:: YOUR OBJECTIVE ::
Could you return all of the records exactly as they stand?

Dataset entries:
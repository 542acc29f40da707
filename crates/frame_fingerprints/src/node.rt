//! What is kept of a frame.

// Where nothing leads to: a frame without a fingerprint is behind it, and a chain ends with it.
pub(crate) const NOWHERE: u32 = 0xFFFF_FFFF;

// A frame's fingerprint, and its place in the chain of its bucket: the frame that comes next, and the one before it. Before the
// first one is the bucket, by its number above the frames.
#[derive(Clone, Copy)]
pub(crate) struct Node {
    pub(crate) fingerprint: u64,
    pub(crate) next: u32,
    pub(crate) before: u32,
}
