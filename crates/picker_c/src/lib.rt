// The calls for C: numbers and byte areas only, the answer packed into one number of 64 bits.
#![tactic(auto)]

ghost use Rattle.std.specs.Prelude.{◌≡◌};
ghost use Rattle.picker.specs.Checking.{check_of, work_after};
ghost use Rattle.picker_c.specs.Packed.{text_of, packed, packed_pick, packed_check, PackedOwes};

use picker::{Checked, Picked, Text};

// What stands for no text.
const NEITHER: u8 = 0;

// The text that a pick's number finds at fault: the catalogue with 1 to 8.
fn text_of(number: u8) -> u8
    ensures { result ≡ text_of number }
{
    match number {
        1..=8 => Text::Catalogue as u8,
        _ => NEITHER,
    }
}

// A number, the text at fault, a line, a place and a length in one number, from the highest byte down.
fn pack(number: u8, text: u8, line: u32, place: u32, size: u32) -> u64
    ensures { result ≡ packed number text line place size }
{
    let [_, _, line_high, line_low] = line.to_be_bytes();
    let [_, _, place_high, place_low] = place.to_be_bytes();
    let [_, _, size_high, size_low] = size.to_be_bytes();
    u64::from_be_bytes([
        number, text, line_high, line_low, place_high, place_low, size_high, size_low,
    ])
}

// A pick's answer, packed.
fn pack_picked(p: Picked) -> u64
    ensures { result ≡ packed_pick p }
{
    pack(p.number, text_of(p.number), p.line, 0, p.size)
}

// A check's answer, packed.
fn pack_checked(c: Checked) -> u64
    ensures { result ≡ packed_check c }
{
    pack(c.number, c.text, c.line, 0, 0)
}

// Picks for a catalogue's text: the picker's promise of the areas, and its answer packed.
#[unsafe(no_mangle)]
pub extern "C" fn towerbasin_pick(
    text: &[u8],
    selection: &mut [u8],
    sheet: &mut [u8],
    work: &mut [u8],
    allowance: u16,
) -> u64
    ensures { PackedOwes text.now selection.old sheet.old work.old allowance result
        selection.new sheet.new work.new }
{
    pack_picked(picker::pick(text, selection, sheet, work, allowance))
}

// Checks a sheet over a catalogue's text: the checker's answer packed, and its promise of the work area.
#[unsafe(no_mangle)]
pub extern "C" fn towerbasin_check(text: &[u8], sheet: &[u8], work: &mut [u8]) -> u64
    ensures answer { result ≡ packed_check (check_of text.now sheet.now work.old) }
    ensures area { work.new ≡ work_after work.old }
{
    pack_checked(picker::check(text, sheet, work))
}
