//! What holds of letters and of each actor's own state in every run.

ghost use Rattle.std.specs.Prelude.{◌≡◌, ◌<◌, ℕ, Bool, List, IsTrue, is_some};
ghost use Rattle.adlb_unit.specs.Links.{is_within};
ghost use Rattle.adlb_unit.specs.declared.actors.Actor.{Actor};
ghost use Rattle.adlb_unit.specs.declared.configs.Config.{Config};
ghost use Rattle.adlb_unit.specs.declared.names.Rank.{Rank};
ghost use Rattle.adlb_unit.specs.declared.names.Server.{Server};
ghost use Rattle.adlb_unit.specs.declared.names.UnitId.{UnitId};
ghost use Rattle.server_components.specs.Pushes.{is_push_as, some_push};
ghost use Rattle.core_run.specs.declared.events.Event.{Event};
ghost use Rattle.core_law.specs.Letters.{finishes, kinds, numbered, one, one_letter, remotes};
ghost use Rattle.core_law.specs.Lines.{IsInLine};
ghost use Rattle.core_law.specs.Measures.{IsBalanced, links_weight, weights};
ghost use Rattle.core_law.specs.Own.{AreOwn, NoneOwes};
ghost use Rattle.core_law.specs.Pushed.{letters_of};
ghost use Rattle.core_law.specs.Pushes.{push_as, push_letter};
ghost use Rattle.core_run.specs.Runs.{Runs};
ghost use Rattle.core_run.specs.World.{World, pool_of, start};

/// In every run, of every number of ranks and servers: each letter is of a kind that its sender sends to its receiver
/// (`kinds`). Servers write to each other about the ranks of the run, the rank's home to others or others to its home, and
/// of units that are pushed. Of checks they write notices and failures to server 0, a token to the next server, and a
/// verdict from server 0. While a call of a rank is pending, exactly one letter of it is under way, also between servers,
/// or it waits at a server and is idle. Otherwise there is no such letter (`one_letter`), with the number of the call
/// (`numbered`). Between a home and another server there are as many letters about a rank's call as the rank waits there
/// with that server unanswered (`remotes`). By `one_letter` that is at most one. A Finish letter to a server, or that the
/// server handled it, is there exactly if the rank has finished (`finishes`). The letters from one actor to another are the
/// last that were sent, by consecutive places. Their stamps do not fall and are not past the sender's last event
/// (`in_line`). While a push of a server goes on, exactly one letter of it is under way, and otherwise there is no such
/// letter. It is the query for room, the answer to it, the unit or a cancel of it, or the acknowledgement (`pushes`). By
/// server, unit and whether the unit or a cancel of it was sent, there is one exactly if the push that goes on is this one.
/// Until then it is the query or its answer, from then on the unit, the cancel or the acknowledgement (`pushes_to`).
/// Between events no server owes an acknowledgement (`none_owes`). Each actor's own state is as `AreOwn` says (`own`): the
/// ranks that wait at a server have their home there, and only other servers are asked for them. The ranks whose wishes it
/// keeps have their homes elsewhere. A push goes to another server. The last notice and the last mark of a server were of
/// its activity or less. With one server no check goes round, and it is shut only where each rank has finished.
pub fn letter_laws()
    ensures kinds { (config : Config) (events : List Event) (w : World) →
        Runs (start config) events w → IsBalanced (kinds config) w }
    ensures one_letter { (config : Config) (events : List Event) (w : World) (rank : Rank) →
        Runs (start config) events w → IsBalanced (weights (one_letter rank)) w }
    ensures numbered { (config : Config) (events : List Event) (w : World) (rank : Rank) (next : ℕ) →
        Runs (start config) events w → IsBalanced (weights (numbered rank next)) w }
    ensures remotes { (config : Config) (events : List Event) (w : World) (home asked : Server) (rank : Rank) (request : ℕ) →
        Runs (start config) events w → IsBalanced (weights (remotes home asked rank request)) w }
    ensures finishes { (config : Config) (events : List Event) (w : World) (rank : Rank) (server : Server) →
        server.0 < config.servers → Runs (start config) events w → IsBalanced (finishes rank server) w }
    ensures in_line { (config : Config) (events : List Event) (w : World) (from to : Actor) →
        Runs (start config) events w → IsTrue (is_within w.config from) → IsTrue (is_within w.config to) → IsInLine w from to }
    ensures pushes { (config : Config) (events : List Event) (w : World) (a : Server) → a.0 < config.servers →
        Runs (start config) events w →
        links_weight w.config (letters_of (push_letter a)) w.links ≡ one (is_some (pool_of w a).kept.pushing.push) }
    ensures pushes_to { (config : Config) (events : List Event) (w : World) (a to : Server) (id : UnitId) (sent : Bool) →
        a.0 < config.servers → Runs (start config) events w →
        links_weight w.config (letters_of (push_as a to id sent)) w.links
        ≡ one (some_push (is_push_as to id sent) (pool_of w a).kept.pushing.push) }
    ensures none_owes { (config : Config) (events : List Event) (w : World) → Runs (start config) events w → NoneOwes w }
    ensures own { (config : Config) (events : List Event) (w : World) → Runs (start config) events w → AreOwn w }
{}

:: ANSWER TO THE EXERCISE ::
repository 542acc29f40da707
filename crates/frame_fingerprints/src/node.rt
//! What is kept of a frame.

// Where nothing leads to: a frame without a fingerprint is behind it, and a chain ends with it.
pub(crate) const NOWHERE: u32 = 0xFFFF_FFFF;

// A frame's fingerprint, and its place in the chain of its bucket: the frame that comes next, and the one before it. Before the
// first one is the bucket, by its number above the frames.
#[derive(Clone, Copy)]
pub(crate) struct Node {
    pub(crate) fingerprint: u64,
    pub(crate) next: u32,
    pub(crate) before: u32,
}
filename crates/picker_c/src/lib.rt
// The calls for C: numbers and byte areas only, the answer packed into one number of 64 bits.
#![tactic(auto)]

ghost use Rattle.std.specs.Prelude.{◌≡◌};
ghost use Rattle.picker.specs.Checking.{check_of, work_after};
ghost use Rattle.picker_c.specs.Packed.{text_of, packed, packed_pick, packed_check, PackedOwes};

use picker::{Checked, Picked, Text};

// What stands for no text.
const NEITHER: u8 = 0;

// The text that a pick's number finds at fault: the catalogue with 1 to 8.
fn text_of(number: u8) -> u8
    ensures { result ≡ text_of number }
{
    match number {
        1..=8 => Text::Catalogue as u8,
        _ => NEITHER,
    }
}

// A number, the text at fault, a line, a place and a length in one number, from the highest byte down.
fn pack(number: u8, text: u8, line: u32, place: u32, size: u32) -> u64
    ensures { result ≡ packed number text line place size }
{
    let [_, _, line_high, line_low] = line.to_be_bytes();
    let [_, _, place_high, place_low] = place.to_be_bytes();
    let [_, _, size_high, size_low] = size.to_be_bytes();
    u64::from_be_bytes([
        number, text, line_high, line_low, place_high, place_low, size_high, size_low,
    ])
}

// A pick's answer, packed.
fn pack_picked(p: Picked) -> u64
    ensures { result ≡ packed_pick p }
{
    pack(p.number, text_of(p.number), p.line, 0, p.size)
}

// A check's answer, packed.
fn pack_checked(c: Checked) -> u64
    ensures { result ≡ packed_check c }
{
    pack(c.number, c.text, c.line, 0, 0)
}

// Picks for a catalogue's text: the picker's promise of the areas, and its answer packed.
#[unsafe(no_mangle)]
pub extern "C" fn towerbasin_pick(
    text: &[u8],
    selection: &mut [u8],
    sheet: &mut [u8],
    work: &mut [u8],
    allowance: u16,
) -> u64
    ensures { PackedOwes text.now selection.old sheet.old work.old allowance result
        selection.new sheet.new work.new }
{
    pack_picked(picker::pick(text, selection, sheet, work, allowance))
}

// Checks a sheet over a catalogue's text: the checker's answer packed, and its promise of the work area.
#[unsafe(no_mangle)]
pub extern "C" fn towerbasin_check(text: &[u8], sheet: &[u8], work: &mut [u8]) -> u64
    ensures answer { result ≡ packed_check (check_of text.now sheet.now work.old) }
    ensures area { work.new ≡ work_after work.old }
{
    pack_checked(picker::check(text, sheet, work))
}
//! What holds of letters and of each actor's own state in every run.

ghost use Rattle.std.specs.Prelude.{◌≡◌, ◌<◌, ℕ, Bool, List, IsTrue, is_some};
ghost use Rattle.adlb_unit.specs.Links.{is_within};
ghost use Rattle.adlb_unit.specs.declared.actors.Actor.{Actor};
ghost use Rattle.adlb_unit.specs.declared.configs.Config.{Config};
ghost use Rattle.adlb_unit.specs.declared.names.Rank.{Rank};
ghost use Rattle.adlb_unit.specs.declared.names.Server.{Server};
ghost use Rattle.adlb_unit.specs.declared.names.UnitId.{UnitId};
ghost use Rattle.server_components.specs.Pushes.{is_push_as, some_push};
ghost use Rattle.core_run.specs.declared.events.Event.{Event};
ghost use Rattle.core_law.specs.Letters.{finishes, kinds, numbered, one, one_letter, remotes};
ghost use Rattle.core_law.specs.Lines.{IsInLine};
ghost use Rattle.core_law.specs.Measures.{IsBalanced, links_weight, weights};
ghost use Rattle.core_law.specs.Own.{AreOwn, NoneOwes};
ghost use Rattle.core_law.specs.Pushed.{letters_of};
ghost use Rattle.core_law.specs.Pushes.{push_as, push_letter};
ghost use Rattle.core_run.specs.Runs.{Runs};
ghost use Rattle.core_run.specs.World.{World, pool_of, start};

/// In every run, of every number of ranks and servers: each letter is of a kind that its sender sends to its receiver
/// (`kinds`). Servers write to each other about the ranks of the run, the rank's home to others or others to its home, and
/// of units that are pushed. Of checks they write notices and failures to server 0, a token to the next server, and a
/// verdict from server 0. While a call of a rank is pending, exactly one letter of it is under way, also between servers,
/// or it waits at a server and is idle. Otherwise there is no such letter (`one_letter`), with the number of the call
/// (`numbered`). Between a home and another server there are as many letters about a rank's call as the rank waits there
/// with that server unanswered (`remotes`). By `one_letter` that is at most one. A Finish letter to a server, or that the
/// server handled it, is there exactly if the rank has finished (`finishes`). The letters from one actor to another are the
/// last that were sent, by consecutive places. Their stamps do not fall and are not past the sender's last event
/// (`in_line`). While a push of a server goes on, exactly one letter of it is under way, and otherwise there is no such
/// letter. It is the query for room, the answer to it, the unit or a cancel of it, or the acknowledgement (`pushes`). By
/// server, unit and whether the unit or a cancel of it was sent, there is one exactly if the push that goes on is this one.
/// Until then it is the query or its answer, from then on the unit, the cancel or the acknowledgement (`pushes_to`).
/// Between events no server owes an acknowledgement (`none_owes`). Each actor's own state is as `AreOwn` says (`own`): the
/// ranks that wait at a server have their home there, and only other servers are asked for them. The ranks whose wishes it
/// keeps have their homes elsewhere. A push goes to another server. The last notice and the last mark of a server were of
/// its activity or less. With one server no check goes round, and it is shut only where each rank has finished.
pub fn letter_laws()
    ensures kinds { (config : Config) (events : List Event) (w : World) →
        Runs (start config) events w → IsBalanced (kinds config) w }
    ensures one_letter { (config : Config) (events : List Event) (w : World) (rank : Rank) →
        Runs (start config) events w → IsBalanced (weights (one_letter rank)) w }
    ensures numbered { (config : Config) (events : List Event) (w : World) (rank : Rank) (next : ℕ) →
        Runs (start config) events w → IsBalanced (weights (numbered rank next)) w }
    ensures remotes { (config : Config) (events : List Event) (w : World) (home asked : Server) (rank : Rank) (request : ℕ) →
        Runs (start config) events w → IsBalanced (weights (remotes home asked rank request)) w }
    ensures finishes { (config : Config) (events : List Event) (w : World) (rank : Rank) (server : Server) →
        server.0 < config.servers → Runs (start config) events w → IsBalanced (finishes rank server) w }
    ensures in_line { (config : Config) (events : List Event) (w : World) (from to : Actor) →
        Runs (start config) events w → IsTrue (is_within w.config from) → IsTrue (is_within w.config to) → IsInLine w from to }
    ensures pushes { (config : Config) (events : List Event) (w : World) (a : Server) → a.0 < config.servers →
        Runs (start config) events w →
        links_weight w.config (letters_of (push_letter a)) w.links ≡ one (is_some (pool_of w a).kept.pushing.push) }
    ensures pushes_to { (config : Config) (events : List Event) (w : World) (a to : Server) (id : UnitId) (sent : Bool) →
        a.0 < config.servers → Runs (start config) events w →
        links_weight w.config (letters_of (push_as a to id sent)) w.links
        ≡ one (some_push (is_push_as to id sent) (pool_of w a).kept.pushing.push) }
    ensures none_owes { (config : Config) (events : List Event) (w : World) → Runs (start config) events w → NoneOwes w }
    ensures own { (config : Config) (events : List Event) (w : World) → Runs (start config) events w → AreOwn w }
{}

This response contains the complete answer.